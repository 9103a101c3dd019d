//! The changes of a history in two orders, so that those at a moment and the last before it are
//! found by halving: `specs/Index.antt`.

ghost use Rattle.std.specs.Prelude.{true, false, ◌≡◌, ◌+◌, ◌<◌, ◌≤◌, ◌++◌, List, length, not, IfOk, OnOk, IfSome, nat_lt, Bool, All};
ghost use Rattle.std.specs.List.{list_any, AllWithin};
ghost use Rattle.std.specs.List.Sorted.{IsNonDecreasingBy, IsSortedByKey};
ghost use Rattle.std.specs.Ordering.{nat_cmp};
ghost use Rattle.register_model.specs.Index.{mark_of, marks_from, HasMarks, RisesByFile, IsIndexOf, is_clash, is_lower, IsLastBelow};

use crate::op::Op;
use std::alloc::{AllocError, Global};

/// Where a change stands.
#[derive(Clone, Copy)]
pub struct Mark {
    /// The file that was changed.
    pub file: u64,
    /// The step that changed it.
    pub point: u64,
    /// The place of the operation in the history, from 0.
    pub place: usize,
}

/// The changes of a history by their points, and by file and point.
#[derive(Drop)]
pub struct Index {
    /// The marks of all changes, by point.
    pub by_point: Vec<Mark>,
    /// The same marks by file, those of one file by point.
    pub by_file: Vec<Mark>,
}

/// The mark of an operation, where it changed a file.
fn mark_of(place: usize, op: &Op) -> Option<Mark>
    ensures { result ≡ mark_of place op.now }
{
    if !op.word.changes() {
        return None;
    }
    match op.point {
        Some(point) => Some(Mark {
            file: op.file,
            point,
            place,
        }),
        None => None,
    }
}

/// The marks of all operations.
fn marks_of(alloc: Global, ops: &[Op]) -> Result<Vec<Mark>, AllocError>
    ensures { IfOk result (λ ms. ms.items ≡ marks_from 0 ops.now) }
{
    let mut marks = Vec::new(alloc);
    for (place, op) in ops.iter().enumerate() {
        if let Some(mark) = mark_of(place, op) {
            marks.push(mark)?;
        }
    }
    Ok(marks)
}

/// Puts marks in the order of their points.
fn sort_by_point(marks: &mut Vec<Mark>)
    ensures same { (test : Mark → Bool) → list_any test marks.new.items ≡ list_any test marks.old.items }
    ensures rise { IsNonDecreasingBy (λ m. m.point) marks.new.items }
    ensures sorted { IsSortedByKey (λ m. m.point) nat_cmp marks.new.items }
{
    marks.sort_unstable_by_key(|mark| mark.point);
}

/// Puts marks that stand in the order of their points in that of their files, those of one file as they
/// stood.
fn sort_by_file(marks: &mut Vec<Mark>) -> Result<(), AllocError>
    requires { IsSortedByKey (λ m. m.point) nat_cmp marks.old.items }
    ensures same { (test : Mark → Bool) → list_any test marks.new.items ≡ list_any test marks.old.items }
    ensures rise { OnOk result (RisesByFile marks.new.items) }
{
    marks.sort_by_key(|mark| mark.file)
}

impl Index {
    /// The marks of all operations in both orders.
    pub fn new(alloc: Global, ops: &[Op]) -> Result<Index, AllocError>
        ensures { IfOk result (λ x. IsIndexOf ops.now x.by_point.items x.by_file.items) }
    {
        let mut by_point = marks_of(alloc, ops)?;
        sort_by_point(&mut by_point);
        let mut by_file = marks_of(alloc, ops)?;
        sort_by_point(&mut by_file);
        sort_by_file(&mut by_file)?;
        Ok(Index { by_point, by_file })
    }
}

/// The first mark that is not below the point.
fn first_from(by_point: &[Mark], point: u64) -> usize
    requires { IsNonDecreasingBy (λ m. m.point) by_point.now }
    ensures bound { result ≤ length by_point.now }
    ensures below { AllWithin (λ m. nat_lt m.point point ≡ true) by_point.now 0 result }
    ensures from { AllWithin (λ m. nat_lt m.point point ≡ false) by_point.now result (length by_point.now) }
{
    by_point.partition_point(|mark| mark.point < point)
}

/// The marks at the front that have the point are of the change at the place.
fn is_run_alone(rest: &[Mark], point: u64, place: usize) -> bool
    requires rise { IsNonDecreasingBy (λ m. m.point) rest.now }
    requires from { All (λ m. nat_lt m.point point ≡ false) rest.now }
    ensures { result ≡ not (list_any (is_clash point place) rest.now) }
{
    for mark in rest {
        if mark.point != point {
            return true;
        }
        if mark.place != place {
            return false;
        }
    }
    true
}

/// No change but the one at the place has the point.
pub fn is_alone_at(by_point: &[Mark], point: u64, place: usize) -> bool
    requires { IsNonDecreasingBy (λ m. m.point) by_point.now }
    ensures { result ≡ not (list_any (is_clash point place) by_point.now) }
{
    let first = first_from(by_point, point);
    is_run_alone(&by_point[first..], point, place)
}

/// The first mark that is not of a lower file, nor of this file below the moment.
fn end_below(by_file: &[Mark], file: u64, moment: u64) -> usize
    requires { RisesByFile by_file.now }
    ensures bound { result ≤ length by_file.now }
    ensures below { AllWithin (λ m. is_lower file moment m ≡ true) by_file.now 0 result }
    ensures from { AllWithin (λ m. is_lower file moment m ≡ false) by_file.now result (length by_file.now) }
{
    by_file.partition_point(|mark| mark.file < file || mark.file == file && mark.point < moment)
}

/// The place of the last change of the file below the moment.
pub fn last_below(by_file: &[Mark], file: u64, moment: u64) -> Option<usize>
    requires { RisesByFile by_file.now }
    ensures { IsLastBelow by_file.now file moment result }
{
    let end = end_below(by_file, file, moment);
    if end == 0 {
        return None;
    }
    let last = by_file[end - 1];
    if last.file == file {
        Some(last.place)
    } else {
        None
    }
}
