//! What a launch must know of a kernel: its parameters, and the bytes of its `__local` arrays.
ghost use Rattle.std.specs.Prelude.{◌≡◌, ◌≤◌, ℕ, IfOk, Some, map, slice_get};
ghost use Rattle.ocl_program.specs.declared.functions.LocalArray.{LocalArray as AnyArray};
ghost use Rattle.simt_lowering.specs.Laid.{array_bytes, kind_of};

use ocl_ast::Param;
use ocl_program::LocalArray;
use std::alloc::{AllocError, Global};
use vx_base::{KindList, SizeList};

/// What parameters take.
pub fn kinds_of(alloc: Global, params: &[Param]) -> Result<KindList, AllocError>
    ensures { IfOk result (λ kinds. kinds ≡ map kind_of params.now) }
{
    let mut items = Vec::new(alloc);
    for param in params {
        items.push(param.kind)?;
    }
    Ok(KindList { items })
}

/// The bytes of `__local` arrays, of which each has at most 262,144 elements.
pub fn sizes_of(alloc: Global, arrays: &[LocalArray]) -> Result<SizeList, AllocError>
    requires { (k : ℕ) (array : AnyArray) → slice_get arrays.now k ≡ Some array → array.count ≤ 262144 }
    ensures { IfOk result (λ sizes. sizes ≡ map array_bytes arrays.now) }
{
    let mut items = Vec::new(alloc);
    for array in arrays {
        items.push(array.count * array.elem.size().bytes())?;
    }
    Ok(SizeList { items })
}
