//! A kernel, by its name, as an image.
ghost use Rattle.std.specs.Prelude.{◌≡◌, ◌≤◌, ◌<◌, ◌+◌, ◌*◌, ◌-◌, ◌^◌, min, IfOk, IfErr, OnOk, Some, length, map, option_map, slice_get};
ghost use Rattle.ocl_program.specs.Measures.{measured, own_depth};
ghost use Rattle.ocl_program.specs.Shapes.{function_node};
ghost use Rattle.ocl_program.specs.Nodes.{FunctionNode};
ghost use Rattle.structured.specs.Ready.{IsKernel};
ghost use Rattle.vcode.specs.Shapes.{vops_of};
ghost use Rattle.vcode.specs.Words.{words as count_of};
ghost use Rattle.vx_isa.specs.Rows.{row_of};
ghost use Rattle.simt_lowering.specs.Bounds.{AreWithin};
ghost use Rattle.reg_alloc.specs.Layout.{instrs_of, sites_of, words_of};
ghost use Rattle.kernel_images.specs.Images.{IsImageNamed, IsImageOf};
ghost use Rattle.kernel_images.specs.Refusals.{IsRefused, IsSmall, IsSmallNamed, IsTooLarge, kept as kept_of};

use crate::parts::{kinds_of, sizes_of};
use lane_kernels::lane_kernel;
use ocl_program::Measures;
use ocl_types::Program;
use reg_alloc::{AllocateFault, Allocated, allocate};
use std::alloc::Global;
use thiserror::Error;
use vcode::VCode;
use vx_base::{Memory, Pos};
use vx_isa::Image;

/// Why a kernel has no image.
#[derive(Clone, Copy, Debug, PartialEq, Eq, Error)]
pub enum CompileFault {
    /// No kernel has the name.
    #[error("no kernel has this name")]
    NoEntry,
    /// A lane's frame may take more than 256 words.
    #[error("a lane's frame may take {slots} words, more than 256")]
    Slots {
        /// Where the kernel's name stands.
        pos: Pos,
        /// How many it may take; at most 2^32 - 1 is kept.
        slots: u32,
    },
    /// The code may take more than 65,536 words.
    #[error("the code may take {words} words, more than 65,536")]
    Words {
        /// Where the kernel's name stands.
        pos: Pos,
        /// How many it may take; at most 2^32 - 1 is kept.
        words: u32,
    },
    /// Memory ran out.
    #[error("memory ran out")]
    Memory,
}

/// The most words that a lane's frame takes, by a kernel's measures.
fn most_slots(m: Measures) -> u64
    ensures { result ≡ m.variables + 2 * m.depth + 4 * m.control + 2 * m.calls + 16 }
{
    u64::from(m.variables)
        + 2 * u64::from(m.depth)
        + 4 * u64::from(m.control)
        + 2 * u64::from(m.calls)
        + 16
}

/// A number as a refusal keeps it.
fn kept(number: u64) -> u32
    ensures { result ≡ min number (2 ^ 32 - 1) }
{
    if number > 4_294_967_295 {
        return 4_294_967_295;
    }
    number as u32
}

/// Whether a kernel's measures are small enough for an image; its name stands here.
fn check_size(program: &Program, kernel: u32, pos: Pos) -> Result<(), CompileFault>
    requires { kernel < length program.now.functions.items }
    ensures small { OnOk result (IsSmall (map function_node program.now.functions.items) kernel) }
    ensures large { IfErr result (IsTooLarge (map function_node program.now.functions.items) kernel pos) }
{
    let m = program.measures(kernel);
    let slots = most_slots(m);
    if slots > 256 {
        return Err(CompileFault::Slots {
            pos,
            slots: kept(slots),
        });
    }
    let words = 40 * u64::from(m.nodes) + 256;
    if words > 65_536 {
        return Err(CompileFault::Words {
            pos,
            words: kept(words),
        });
    }
    Ok(())
}

/// The words of a kernel's code for lanes, which are few.
fn allocated(alloc: Global, code: &VCode) -> Result<Allocated, Memory>
    requires within { AreWithin code.now.registers (vops_of code.now.ops.items) }
    requires registers { code.now.registers ≤ 256 }
    requires words { count_of (vops_of code.now.ops.items) ≤ 65536 }
    ensures words { IfOk result (λ made. made.words ≡ words_of made.slots (vops_of code.now.ops.items)) }
    ensures sites { IfOk result (λ made. made.sites ≡ sites_of (vops_of code.now.ops.items)) }
    ensures slots { IfOk result (λ made. made.slots ≡ code.now.registers) }
    ensures small { IfOk result (λ made. made.slots ≤ 256) }
    ensures counted { IfOk result (λ made. length made.words ≡ count_of (vops_of code.now.ops.items)) }
    ensures decoded { IfOk result (λ made.
        map row_of made.words ≡ map Some (instrs_of made.slots (vops_of code.now.ops.items))) }
{
    match allocate(alloc, code) {
        Ok(made) => Ok(made),
        Err(AllocateFault::Memory) => Err(Memory),
        Err(AllocateFault::TooLarge { .. }) => unreachable!(),
    }
}

/// The image of a kernel whose measures are small enough.
fn image_of(alloc: Global, program: &Program, kernel: u32) -> Result<Image, Memory>
    requires exists { kernel < length program.now.functions.items }
    requires kernel { IsKernel (map function_node program.now.functions.items) kernel }
    requires small { IsSmall (map function_node program.now.functions.items) kernel }
    ensures image { IfOk result (IsImageOf (map function_node program.now.functions.items) kernel) }
{
    let function = &program.functions[kernel as usize];
    let code = lane_kernel(alloc, program, kernel)?;
    let made = allocated(alloc, &code)?;
    let params = kinds_of(alloc, function.params.as_slice())?;
    let locals = sizes_of(alloc, function.arrays.as_slice())?;
    Ok(Image {
        words: made.words,
        slots: made.slots,
        sites: made.sites,
        params,
        locals,
    })
}

/// The image of a kernel, by its name. In every accepted launch of the kernel, each lane of the code that the image has the words of does as
/// its item in the source. It is refused exactly if no kernel has the name or its measures are too large; memory is the only other
/// reason to give up.
pub fn compile(alloc: Global, program: &Program, entry: &[u8]) -> Result<Image, CompileFault>
    ensures image { IfOk result (IsImageNamed (map function_node program.now.functions.items) entry.now) }
    ensures small { IfOk result (λ image. IsSmallNamed (map function_node program.now.functions.items) entry.now) }
    ensures refused { IfErr result (IsRefused (map function_node program.now.functions.items) entry.now) }
{
    let Some(kernel) = program.find(entry) else {
        return Err(CompileFault::NoEntry);
    };
    let pos = program.functions[kernel as usize].name.pos;
    if let Err(fault) = check_size(program, kernel, pos) {
        return Err(fault);
    }
    match image_of(alloc, program, kernel) {
        Ok(image) => Ok(image),
        Err(_memory) => Err(CompileFault::Memory),
    }
}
-*-
> [EXERCISE INSTRUCTIONS] Check each line of the listing above for the string "IsRefused", and report how many lines contain it, as a number alone.

> [SOLUTION FOR THIS PROBLEM] 2